▸ Task brief
Do any lines in the data below contain "CallsAreFound"? If so, copy every one of them.

Records from a data source:
• • • •

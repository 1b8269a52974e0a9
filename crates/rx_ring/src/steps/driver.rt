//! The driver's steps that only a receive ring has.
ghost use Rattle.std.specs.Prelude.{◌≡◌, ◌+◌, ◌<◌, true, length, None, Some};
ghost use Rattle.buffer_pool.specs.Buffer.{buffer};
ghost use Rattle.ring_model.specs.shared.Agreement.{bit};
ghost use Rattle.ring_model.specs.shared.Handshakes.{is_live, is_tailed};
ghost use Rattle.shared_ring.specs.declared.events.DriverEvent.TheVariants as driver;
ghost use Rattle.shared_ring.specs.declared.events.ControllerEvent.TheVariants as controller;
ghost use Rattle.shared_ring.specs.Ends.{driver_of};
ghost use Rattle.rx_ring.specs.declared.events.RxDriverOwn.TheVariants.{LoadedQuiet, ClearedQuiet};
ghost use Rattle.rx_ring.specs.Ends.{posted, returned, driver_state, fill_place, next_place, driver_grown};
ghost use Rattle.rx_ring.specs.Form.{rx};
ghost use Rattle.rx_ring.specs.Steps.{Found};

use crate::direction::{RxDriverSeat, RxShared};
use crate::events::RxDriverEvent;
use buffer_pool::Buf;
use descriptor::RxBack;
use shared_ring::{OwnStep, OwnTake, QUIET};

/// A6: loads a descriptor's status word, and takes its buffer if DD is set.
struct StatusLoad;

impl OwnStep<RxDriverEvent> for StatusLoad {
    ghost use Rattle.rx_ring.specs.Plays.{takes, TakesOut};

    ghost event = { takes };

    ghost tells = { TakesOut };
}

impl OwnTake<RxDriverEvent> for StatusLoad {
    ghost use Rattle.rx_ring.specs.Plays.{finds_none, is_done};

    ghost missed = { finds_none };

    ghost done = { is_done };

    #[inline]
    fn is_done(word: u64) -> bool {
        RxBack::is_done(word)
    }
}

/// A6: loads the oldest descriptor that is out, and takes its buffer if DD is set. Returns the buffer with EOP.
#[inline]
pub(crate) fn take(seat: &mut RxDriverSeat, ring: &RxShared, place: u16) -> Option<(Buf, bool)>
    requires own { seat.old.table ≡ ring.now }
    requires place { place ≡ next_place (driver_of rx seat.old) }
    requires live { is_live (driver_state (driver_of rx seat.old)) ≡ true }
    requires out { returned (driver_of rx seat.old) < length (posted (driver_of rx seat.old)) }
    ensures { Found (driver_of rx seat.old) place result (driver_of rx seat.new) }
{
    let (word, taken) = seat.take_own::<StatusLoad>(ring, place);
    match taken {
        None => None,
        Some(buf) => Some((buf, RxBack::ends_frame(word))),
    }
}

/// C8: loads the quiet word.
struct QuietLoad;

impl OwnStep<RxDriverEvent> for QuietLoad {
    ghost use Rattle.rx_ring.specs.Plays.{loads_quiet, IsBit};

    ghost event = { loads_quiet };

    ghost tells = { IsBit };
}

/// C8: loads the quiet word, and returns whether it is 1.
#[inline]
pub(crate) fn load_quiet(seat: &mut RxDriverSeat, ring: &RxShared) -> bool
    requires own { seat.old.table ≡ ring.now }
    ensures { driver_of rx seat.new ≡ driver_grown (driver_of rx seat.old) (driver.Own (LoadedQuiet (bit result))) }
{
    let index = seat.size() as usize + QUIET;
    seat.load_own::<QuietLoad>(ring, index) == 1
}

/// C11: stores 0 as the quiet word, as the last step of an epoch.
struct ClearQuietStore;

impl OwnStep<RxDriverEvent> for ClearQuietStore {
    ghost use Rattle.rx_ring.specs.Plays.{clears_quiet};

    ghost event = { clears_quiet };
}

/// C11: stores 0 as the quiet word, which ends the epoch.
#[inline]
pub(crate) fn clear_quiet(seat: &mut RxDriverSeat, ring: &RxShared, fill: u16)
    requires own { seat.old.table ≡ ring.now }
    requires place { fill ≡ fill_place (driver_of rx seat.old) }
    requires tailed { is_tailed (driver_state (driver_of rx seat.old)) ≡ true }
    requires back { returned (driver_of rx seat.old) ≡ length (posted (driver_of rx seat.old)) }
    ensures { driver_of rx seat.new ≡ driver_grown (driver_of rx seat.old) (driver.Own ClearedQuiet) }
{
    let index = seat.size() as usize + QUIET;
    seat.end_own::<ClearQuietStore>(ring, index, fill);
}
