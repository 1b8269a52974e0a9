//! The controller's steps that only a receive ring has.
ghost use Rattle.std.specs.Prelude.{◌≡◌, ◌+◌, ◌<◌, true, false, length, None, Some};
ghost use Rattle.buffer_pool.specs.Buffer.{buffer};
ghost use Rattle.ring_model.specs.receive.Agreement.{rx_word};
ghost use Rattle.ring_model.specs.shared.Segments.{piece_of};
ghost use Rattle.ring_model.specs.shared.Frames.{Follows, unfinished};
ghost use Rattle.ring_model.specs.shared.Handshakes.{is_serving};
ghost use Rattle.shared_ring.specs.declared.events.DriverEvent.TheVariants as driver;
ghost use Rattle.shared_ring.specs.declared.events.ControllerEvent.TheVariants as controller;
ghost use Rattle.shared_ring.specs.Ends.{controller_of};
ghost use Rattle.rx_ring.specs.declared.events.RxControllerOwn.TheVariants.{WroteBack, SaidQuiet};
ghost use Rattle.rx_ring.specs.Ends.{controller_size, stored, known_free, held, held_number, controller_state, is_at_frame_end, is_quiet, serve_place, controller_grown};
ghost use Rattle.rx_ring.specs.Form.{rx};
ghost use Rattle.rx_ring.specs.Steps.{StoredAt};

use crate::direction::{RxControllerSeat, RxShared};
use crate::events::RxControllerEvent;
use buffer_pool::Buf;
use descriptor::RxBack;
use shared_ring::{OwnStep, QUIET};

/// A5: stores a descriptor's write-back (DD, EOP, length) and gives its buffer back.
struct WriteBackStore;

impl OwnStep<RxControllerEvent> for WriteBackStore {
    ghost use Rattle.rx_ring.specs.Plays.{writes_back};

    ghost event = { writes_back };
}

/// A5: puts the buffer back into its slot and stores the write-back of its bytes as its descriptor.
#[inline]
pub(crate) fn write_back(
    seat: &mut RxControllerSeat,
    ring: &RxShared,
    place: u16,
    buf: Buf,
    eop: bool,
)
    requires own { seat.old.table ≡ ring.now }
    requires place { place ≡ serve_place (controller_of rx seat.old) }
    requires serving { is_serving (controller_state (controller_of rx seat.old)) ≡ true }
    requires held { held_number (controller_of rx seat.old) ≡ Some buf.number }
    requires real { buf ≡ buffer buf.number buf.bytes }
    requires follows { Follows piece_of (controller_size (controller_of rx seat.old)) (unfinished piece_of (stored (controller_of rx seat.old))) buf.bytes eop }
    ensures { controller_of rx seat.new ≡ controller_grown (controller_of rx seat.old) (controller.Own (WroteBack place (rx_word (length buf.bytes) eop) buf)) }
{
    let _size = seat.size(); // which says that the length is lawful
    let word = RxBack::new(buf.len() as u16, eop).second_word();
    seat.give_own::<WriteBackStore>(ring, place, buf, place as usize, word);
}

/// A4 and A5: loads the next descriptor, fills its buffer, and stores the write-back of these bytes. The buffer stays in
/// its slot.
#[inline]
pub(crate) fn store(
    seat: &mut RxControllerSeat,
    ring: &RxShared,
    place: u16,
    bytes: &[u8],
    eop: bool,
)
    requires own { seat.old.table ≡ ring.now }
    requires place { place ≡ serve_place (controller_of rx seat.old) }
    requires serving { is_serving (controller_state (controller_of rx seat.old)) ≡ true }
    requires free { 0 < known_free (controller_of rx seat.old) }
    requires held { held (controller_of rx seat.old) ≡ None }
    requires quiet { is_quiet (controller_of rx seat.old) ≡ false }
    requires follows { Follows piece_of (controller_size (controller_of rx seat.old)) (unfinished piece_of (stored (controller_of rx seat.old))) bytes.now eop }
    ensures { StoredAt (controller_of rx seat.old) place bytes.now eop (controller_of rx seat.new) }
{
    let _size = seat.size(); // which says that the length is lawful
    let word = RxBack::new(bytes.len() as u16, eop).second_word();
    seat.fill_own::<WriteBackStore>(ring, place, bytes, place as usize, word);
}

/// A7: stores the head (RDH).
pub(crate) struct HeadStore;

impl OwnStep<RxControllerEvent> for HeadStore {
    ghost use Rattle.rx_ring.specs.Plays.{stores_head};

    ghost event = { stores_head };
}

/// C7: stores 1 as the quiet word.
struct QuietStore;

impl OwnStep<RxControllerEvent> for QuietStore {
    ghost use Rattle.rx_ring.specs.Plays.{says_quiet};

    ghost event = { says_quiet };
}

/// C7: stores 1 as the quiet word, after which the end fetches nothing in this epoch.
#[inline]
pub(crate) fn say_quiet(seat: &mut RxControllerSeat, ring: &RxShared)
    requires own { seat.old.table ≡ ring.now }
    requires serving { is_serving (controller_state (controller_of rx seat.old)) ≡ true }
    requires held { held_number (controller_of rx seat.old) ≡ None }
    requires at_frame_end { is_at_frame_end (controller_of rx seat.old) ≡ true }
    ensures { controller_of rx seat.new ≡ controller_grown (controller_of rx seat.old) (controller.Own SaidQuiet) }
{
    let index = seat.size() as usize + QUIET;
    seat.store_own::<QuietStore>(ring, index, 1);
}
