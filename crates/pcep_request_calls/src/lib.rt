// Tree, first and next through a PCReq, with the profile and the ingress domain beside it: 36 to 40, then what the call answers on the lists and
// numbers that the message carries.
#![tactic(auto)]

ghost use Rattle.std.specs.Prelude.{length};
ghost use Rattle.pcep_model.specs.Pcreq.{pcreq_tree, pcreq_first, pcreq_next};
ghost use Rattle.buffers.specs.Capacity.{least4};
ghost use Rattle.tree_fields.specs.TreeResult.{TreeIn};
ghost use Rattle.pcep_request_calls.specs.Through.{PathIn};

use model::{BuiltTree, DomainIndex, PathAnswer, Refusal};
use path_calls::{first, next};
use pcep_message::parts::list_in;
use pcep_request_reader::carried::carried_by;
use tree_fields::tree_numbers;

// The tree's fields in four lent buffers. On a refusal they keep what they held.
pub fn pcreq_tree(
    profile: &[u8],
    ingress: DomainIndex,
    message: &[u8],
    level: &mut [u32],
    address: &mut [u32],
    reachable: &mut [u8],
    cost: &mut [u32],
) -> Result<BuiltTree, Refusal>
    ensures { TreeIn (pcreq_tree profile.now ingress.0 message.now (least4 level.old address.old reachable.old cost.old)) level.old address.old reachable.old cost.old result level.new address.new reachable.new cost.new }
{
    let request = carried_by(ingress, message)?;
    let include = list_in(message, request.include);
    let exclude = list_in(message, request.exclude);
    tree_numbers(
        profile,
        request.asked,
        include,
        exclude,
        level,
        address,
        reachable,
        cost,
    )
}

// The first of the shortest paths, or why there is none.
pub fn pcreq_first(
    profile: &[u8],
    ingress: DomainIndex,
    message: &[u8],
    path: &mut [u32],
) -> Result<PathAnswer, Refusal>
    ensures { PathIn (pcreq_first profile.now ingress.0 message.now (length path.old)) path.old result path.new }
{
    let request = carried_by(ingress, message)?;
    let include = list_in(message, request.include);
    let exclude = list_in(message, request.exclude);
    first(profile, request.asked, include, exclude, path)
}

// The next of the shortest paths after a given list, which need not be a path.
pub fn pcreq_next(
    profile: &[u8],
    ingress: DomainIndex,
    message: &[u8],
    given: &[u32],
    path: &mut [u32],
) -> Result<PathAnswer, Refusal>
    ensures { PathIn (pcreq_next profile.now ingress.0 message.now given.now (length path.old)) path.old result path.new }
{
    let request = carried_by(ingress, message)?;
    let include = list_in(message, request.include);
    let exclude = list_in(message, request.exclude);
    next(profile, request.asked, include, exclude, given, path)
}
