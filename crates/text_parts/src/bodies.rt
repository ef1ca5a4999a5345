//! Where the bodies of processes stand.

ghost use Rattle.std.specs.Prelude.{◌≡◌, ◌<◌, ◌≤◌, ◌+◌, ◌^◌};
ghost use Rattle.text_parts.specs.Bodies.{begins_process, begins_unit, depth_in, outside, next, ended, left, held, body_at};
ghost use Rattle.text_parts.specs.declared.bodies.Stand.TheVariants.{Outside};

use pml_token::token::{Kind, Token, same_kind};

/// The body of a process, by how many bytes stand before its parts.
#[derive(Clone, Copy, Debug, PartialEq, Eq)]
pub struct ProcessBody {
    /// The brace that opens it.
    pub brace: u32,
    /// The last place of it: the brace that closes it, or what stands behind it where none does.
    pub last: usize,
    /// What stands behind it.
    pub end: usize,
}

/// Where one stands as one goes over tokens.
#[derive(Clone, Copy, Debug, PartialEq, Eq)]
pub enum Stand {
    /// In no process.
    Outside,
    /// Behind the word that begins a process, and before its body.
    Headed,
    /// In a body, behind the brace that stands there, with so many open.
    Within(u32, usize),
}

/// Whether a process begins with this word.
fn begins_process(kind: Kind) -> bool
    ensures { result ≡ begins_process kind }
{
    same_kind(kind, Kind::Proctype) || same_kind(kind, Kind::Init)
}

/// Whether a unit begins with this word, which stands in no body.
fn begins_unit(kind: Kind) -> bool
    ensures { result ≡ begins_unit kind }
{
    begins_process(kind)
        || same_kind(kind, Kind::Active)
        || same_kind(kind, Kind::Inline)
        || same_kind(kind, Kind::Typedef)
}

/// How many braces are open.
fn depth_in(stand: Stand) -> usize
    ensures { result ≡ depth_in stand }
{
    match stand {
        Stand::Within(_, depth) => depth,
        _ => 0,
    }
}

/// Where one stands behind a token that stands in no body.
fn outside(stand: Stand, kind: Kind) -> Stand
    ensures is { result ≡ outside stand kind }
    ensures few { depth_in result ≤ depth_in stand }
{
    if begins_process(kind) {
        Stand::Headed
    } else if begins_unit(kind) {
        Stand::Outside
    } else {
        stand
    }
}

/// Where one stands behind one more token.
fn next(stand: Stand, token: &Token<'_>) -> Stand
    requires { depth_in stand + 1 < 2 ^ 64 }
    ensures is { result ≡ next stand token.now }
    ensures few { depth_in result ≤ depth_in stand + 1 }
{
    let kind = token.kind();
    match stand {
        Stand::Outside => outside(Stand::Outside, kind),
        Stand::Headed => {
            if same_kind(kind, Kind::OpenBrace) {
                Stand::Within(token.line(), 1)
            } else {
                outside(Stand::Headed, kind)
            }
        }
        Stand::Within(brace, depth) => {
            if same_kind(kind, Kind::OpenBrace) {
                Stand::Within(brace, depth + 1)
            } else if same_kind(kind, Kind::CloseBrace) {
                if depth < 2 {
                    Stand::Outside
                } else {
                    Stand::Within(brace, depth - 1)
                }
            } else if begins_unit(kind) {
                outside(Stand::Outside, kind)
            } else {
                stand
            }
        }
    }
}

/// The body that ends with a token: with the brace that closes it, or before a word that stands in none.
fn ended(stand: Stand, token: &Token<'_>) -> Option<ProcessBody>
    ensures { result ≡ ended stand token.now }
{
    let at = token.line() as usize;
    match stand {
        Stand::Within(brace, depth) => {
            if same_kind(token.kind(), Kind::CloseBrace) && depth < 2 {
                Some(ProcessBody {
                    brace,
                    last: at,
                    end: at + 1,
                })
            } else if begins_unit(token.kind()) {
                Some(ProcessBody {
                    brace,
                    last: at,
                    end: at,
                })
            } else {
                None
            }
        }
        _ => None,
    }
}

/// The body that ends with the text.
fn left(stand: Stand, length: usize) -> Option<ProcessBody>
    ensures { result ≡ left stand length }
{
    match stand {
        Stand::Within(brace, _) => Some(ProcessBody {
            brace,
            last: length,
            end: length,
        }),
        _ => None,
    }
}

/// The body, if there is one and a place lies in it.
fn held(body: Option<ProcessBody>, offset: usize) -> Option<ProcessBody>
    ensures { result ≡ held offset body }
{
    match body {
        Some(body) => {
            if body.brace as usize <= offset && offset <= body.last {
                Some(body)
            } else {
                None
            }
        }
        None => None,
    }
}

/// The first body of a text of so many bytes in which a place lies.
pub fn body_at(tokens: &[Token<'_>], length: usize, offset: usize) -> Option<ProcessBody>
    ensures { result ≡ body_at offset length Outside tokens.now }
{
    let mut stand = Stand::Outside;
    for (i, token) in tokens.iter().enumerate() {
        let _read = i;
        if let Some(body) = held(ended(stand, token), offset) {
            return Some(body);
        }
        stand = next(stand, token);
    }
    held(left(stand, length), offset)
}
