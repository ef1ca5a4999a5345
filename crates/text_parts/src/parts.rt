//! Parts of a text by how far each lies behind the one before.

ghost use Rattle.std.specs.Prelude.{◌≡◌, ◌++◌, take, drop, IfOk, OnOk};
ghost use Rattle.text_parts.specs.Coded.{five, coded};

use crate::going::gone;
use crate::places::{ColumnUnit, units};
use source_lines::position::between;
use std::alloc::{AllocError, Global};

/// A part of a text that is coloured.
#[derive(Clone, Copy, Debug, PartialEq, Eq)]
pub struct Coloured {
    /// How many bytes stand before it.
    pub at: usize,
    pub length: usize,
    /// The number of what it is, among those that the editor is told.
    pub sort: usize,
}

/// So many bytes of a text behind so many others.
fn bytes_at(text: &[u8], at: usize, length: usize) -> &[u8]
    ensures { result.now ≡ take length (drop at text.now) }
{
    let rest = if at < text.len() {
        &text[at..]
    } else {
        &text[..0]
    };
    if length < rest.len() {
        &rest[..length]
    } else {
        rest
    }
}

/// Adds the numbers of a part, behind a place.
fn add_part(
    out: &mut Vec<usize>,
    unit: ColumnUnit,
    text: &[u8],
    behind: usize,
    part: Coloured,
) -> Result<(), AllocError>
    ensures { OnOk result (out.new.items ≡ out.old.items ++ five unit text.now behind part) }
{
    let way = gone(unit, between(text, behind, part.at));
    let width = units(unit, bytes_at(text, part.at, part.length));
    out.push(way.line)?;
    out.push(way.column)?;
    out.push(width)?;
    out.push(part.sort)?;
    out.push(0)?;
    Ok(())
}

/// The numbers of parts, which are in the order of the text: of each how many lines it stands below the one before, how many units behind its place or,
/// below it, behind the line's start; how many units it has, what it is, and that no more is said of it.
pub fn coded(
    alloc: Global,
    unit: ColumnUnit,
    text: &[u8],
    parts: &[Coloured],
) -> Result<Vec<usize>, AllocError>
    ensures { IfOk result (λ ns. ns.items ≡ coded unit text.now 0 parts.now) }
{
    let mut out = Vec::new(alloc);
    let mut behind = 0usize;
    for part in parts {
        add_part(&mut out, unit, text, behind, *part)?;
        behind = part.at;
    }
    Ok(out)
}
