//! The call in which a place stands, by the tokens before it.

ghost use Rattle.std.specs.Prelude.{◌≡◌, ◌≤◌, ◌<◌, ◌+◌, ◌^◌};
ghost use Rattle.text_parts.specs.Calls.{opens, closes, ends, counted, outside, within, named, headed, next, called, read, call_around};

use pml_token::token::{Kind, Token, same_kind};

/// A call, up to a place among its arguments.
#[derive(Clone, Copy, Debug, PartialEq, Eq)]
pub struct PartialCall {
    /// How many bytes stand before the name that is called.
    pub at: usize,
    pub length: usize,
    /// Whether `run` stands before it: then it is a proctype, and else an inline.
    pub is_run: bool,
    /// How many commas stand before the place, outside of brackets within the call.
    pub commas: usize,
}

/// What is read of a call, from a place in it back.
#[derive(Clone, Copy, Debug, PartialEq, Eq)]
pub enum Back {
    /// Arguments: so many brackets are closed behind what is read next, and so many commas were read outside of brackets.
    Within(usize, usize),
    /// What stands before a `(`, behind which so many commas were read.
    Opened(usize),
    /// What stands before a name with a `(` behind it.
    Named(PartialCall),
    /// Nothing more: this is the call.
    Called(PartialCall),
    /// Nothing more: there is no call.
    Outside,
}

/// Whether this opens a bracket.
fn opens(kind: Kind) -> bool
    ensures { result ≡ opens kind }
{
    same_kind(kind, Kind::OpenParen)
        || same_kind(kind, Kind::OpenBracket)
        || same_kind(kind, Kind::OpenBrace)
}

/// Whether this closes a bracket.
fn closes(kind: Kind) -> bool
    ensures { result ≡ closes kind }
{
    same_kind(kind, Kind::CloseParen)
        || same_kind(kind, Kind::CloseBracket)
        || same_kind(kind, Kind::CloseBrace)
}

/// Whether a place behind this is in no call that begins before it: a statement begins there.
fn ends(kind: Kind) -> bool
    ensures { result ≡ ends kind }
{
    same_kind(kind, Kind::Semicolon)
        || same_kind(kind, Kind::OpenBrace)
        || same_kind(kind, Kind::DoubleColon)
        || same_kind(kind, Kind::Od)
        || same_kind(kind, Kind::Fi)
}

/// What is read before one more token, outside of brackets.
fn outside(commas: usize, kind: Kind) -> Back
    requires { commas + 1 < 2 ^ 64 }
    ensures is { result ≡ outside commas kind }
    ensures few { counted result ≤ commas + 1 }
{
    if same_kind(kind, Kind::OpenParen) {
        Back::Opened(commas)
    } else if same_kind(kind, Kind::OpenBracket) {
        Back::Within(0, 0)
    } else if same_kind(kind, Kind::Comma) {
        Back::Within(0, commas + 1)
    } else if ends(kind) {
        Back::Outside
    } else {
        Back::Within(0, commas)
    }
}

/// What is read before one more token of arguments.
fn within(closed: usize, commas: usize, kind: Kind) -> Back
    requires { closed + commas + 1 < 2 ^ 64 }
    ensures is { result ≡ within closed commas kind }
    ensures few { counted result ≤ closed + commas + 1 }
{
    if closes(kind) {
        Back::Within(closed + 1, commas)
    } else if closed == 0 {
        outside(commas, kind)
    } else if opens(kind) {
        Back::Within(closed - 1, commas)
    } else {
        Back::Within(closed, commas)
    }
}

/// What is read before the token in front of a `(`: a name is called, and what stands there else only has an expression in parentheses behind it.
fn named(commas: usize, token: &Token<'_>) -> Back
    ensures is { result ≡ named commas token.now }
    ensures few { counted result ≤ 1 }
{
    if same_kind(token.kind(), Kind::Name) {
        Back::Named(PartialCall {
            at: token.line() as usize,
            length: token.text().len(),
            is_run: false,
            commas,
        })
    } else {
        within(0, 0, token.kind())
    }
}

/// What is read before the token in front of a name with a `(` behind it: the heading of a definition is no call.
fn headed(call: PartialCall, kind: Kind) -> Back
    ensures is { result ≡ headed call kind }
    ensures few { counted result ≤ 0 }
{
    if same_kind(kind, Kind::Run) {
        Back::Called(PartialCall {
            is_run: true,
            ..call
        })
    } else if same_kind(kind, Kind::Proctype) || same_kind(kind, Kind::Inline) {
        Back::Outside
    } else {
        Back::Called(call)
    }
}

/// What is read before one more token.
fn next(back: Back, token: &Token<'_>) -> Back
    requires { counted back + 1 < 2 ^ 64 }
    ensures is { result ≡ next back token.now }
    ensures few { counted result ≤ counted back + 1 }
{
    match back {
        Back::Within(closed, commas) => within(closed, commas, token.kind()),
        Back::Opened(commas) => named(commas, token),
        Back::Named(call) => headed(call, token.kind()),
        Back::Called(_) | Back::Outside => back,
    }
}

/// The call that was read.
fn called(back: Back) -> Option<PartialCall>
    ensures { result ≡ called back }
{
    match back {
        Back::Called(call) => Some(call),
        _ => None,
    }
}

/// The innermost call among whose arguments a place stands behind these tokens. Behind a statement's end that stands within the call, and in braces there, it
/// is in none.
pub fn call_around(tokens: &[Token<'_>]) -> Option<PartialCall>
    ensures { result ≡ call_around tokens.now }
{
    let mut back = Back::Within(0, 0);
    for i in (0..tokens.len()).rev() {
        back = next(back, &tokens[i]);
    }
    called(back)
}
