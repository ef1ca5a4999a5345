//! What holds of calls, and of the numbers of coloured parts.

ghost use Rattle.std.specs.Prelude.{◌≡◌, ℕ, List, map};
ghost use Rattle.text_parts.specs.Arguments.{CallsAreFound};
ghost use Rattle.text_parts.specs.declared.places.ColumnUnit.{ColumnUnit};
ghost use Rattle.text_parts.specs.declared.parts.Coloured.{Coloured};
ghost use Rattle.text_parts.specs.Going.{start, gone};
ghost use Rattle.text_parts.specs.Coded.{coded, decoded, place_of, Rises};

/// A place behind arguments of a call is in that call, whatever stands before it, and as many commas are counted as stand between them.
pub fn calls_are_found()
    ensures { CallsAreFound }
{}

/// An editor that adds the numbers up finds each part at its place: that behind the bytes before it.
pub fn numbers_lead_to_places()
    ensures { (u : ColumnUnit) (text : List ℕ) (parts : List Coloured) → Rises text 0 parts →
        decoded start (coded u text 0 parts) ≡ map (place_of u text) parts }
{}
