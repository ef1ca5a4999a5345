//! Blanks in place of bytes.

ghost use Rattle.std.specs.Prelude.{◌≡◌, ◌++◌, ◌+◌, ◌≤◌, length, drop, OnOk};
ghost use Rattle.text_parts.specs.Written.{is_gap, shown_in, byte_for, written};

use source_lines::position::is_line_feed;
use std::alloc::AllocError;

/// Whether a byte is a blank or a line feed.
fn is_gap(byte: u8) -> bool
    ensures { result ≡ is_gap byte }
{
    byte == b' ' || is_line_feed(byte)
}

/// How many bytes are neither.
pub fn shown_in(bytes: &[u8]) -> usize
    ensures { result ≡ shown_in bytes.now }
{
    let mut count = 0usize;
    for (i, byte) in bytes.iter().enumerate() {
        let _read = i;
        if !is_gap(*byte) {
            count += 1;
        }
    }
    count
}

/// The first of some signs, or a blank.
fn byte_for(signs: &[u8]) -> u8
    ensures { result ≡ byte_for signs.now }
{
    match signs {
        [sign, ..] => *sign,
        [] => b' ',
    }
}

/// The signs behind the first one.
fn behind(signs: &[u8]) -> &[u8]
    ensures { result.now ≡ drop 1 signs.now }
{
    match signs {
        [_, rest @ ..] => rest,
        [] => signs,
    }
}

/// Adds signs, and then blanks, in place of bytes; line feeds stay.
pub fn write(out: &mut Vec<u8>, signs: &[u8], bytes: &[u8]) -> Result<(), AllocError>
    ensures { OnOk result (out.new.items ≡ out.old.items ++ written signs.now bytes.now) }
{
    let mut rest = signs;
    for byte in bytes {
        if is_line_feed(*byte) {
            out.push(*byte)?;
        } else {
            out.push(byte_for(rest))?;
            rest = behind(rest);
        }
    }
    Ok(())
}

• • • •

▸ Reply
ghost use Rattle.text_parts.specs.Arguments.{CallsAreFound};
    ensures { CallsAreFound }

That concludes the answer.